Task to complete: Print exactly those lines that run from the beginning of the data to the line bearing "plaintext is the", inclusive.

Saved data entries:
============================================================

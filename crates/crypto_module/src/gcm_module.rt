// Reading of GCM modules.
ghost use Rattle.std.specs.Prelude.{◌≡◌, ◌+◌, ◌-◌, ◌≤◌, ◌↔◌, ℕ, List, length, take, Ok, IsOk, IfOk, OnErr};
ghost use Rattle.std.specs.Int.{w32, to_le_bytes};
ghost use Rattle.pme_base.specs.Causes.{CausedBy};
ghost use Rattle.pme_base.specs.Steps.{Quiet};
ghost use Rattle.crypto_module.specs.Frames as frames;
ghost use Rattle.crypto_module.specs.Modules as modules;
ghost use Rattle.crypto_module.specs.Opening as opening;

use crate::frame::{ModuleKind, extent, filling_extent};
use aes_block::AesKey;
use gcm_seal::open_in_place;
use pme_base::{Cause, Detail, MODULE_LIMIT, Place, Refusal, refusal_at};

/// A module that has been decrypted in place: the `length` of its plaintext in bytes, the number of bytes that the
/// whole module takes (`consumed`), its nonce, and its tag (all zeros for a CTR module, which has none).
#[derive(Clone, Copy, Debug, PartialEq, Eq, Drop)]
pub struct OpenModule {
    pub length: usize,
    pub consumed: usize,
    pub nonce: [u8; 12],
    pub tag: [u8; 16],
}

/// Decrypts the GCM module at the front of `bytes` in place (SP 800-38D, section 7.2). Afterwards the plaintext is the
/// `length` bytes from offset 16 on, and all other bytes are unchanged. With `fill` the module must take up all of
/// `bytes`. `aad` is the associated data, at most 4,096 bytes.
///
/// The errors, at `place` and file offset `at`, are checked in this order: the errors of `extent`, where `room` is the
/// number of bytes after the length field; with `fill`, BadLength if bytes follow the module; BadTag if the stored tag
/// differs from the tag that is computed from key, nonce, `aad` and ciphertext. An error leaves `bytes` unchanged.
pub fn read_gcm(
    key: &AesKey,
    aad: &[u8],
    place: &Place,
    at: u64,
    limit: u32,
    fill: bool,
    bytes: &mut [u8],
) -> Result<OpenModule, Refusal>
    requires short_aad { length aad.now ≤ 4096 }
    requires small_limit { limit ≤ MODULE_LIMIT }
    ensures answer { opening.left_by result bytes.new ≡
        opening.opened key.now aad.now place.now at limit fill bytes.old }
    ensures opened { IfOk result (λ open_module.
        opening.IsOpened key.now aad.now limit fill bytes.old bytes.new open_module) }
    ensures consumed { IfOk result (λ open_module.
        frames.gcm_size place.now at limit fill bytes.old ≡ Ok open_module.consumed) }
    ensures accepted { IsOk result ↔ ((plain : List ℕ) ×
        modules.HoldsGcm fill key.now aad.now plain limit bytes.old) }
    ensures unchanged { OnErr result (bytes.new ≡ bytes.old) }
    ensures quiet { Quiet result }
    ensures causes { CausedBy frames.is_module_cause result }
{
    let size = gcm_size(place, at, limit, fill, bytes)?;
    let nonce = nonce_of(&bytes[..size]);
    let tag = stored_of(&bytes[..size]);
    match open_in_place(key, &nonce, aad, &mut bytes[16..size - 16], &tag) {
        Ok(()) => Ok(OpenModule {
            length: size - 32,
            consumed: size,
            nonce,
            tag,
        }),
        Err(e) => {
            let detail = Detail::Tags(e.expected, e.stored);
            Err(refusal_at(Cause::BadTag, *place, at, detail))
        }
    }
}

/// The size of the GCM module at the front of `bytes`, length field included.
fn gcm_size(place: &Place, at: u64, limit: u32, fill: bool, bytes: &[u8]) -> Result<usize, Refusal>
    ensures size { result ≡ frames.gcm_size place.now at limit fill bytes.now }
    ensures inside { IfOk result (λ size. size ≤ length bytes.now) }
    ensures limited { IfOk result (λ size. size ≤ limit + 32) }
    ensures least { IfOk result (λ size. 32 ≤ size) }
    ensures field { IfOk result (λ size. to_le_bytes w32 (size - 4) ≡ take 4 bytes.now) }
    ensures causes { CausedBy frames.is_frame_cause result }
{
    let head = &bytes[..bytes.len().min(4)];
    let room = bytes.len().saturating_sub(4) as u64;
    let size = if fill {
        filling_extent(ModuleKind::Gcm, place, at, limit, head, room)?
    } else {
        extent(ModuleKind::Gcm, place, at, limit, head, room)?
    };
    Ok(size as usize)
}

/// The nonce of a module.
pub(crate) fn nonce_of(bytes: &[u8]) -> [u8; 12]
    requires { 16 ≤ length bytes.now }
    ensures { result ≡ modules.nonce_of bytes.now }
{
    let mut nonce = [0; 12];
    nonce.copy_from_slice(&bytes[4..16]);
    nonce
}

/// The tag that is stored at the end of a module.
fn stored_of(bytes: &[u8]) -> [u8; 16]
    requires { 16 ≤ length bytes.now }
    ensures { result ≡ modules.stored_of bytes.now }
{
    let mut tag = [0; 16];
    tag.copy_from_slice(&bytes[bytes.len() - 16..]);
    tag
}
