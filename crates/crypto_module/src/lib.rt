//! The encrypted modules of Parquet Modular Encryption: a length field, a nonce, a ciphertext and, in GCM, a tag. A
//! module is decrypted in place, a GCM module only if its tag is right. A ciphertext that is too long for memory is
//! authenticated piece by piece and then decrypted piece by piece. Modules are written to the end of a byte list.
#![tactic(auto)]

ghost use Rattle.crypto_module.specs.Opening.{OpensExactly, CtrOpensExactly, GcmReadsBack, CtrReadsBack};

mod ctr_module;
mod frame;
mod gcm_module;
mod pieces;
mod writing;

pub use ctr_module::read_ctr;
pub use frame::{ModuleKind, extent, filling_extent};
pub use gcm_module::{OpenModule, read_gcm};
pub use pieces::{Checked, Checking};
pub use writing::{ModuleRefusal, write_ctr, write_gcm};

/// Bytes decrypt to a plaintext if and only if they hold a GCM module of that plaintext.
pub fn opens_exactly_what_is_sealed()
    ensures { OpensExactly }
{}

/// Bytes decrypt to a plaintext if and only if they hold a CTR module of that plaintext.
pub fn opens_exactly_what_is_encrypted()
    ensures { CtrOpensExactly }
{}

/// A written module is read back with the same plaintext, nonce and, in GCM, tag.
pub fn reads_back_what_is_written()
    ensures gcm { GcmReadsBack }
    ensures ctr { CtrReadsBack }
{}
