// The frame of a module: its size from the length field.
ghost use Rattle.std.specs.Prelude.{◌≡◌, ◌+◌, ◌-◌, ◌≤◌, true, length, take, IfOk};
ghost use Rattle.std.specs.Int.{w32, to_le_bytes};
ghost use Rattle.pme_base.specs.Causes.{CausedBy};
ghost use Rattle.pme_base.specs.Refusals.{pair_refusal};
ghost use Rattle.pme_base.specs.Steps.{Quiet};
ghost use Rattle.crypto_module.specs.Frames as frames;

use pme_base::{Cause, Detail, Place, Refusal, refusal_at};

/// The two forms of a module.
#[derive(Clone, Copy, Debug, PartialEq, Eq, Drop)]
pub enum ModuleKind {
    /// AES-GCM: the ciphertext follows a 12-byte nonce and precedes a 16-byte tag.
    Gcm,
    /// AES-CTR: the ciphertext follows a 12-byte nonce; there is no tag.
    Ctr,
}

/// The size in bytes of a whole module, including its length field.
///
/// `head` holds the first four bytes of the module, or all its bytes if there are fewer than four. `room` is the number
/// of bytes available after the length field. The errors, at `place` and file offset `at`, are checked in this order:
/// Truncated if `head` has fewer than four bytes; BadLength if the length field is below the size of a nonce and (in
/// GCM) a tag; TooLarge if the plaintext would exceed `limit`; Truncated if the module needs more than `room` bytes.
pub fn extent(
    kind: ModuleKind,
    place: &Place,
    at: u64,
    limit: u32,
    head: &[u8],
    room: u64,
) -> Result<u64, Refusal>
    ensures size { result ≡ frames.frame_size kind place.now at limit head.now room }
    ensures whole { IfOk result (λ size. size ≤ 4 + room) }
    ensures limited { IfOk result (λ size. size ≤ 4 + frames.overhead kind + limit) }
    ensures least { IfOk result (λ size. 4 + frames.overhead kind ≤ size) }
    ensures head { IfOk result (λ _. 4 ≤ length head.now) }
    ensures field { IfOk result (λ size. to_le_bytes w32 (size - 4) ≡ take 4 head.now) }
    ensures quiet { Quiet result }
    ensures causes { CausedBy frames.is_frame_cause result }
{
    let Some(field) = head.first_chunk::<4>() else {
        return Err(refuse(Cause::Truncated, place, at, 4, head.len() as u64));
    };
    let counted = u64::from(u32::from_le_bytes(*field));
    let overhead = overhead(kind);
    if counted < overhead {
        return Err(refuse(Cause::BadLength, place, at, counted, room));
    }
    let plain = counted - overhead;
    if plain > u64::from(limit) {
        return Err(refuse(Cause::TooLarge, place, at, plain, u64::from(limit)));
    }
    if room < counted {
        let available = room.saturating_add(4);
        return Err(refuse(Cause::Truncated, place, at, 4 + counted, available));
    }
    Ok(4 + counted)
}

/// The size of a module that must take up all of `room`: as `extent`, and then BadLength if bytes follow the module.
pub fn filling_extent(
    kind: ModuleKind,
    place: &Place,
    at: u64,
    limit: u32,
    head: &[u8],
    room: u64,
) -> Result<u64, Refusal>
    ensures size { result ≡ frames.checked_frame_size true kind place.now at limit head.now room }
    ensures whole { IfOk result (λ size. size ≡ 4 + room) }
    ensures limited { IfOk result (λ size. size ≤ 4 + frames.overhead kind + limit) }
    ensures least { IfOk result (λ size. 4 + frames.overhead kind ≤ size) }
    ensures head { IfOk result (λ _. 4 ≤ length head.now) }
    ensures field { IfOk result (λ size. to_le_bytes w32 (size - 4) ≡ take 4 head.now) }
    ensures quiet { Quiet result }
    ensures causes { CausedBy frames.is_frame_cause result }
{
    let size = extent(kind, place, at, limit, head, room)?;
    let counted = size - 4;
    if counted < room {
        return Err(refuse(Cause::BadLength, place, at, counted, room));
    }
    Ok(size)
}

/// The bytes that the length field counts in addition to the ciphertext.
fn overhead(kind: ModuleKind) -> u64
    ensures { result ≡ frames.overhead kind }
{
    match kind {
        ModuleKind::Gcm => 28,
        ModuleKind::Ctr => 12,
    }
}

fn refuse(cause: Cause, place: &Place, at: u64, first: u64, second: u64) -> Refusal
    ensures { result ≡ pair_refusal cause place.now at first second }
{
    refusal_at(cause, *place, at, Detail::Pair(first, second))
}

============================================================

Your response:
filename crates/crypto_module/src/gcm_module.rt
// Reading of GCM modules.
ghost use Rattle.std.specs.Prelude.{◌≡◌, ◌+◌, ◌-◌, ◌≤◌, ◌↔◌, ℕ, List, length, take, Ok, IsOk, IfOk, OnErr};
ghost use Rattle.std.specs.Int.{w32, to_le_bytes};
ghost use Rattle.pme_base.specs.Causes.{CausedBy};
ghost use Rattle.pme_base.specs.Steps.{Quiet};
ghost use Rattle.crypto_module.specs.Frames as frames;
ghost use Rattle.crypto_module.specs.Modules as modules;
ghost use Rattle.crypto_module.specs.Opening as opening;

use crate::frame::{ModuleKind, extent, filling_extent};
use aes_block::AesKey;
use gcm_seal::open_in_place;
use pme_base::{Cause, Detail, MODULE_LIMIT, Place, Refusal, refusal_at};

/// A module that has been decrypted in place: the `length` of its plaintext in bytes, the number of bytes that the
/// whole module takes (`consumed`), its nonce, and its tag (all zeros for a CTR module, which has none).
#[derive(Clone, Copy, Debug, PartialEq, Eq, Drop)]
pub struct OpenModule {
    pub length: usize,
    pub consumed: usize,
    pub nonce: [u8; 12],
    pub tag: [u8; 16],
}

/// Decrypts the GCM module at the front of `bytes` in place (SP 800-38D, section 7.2). Afterwards the plaintext is the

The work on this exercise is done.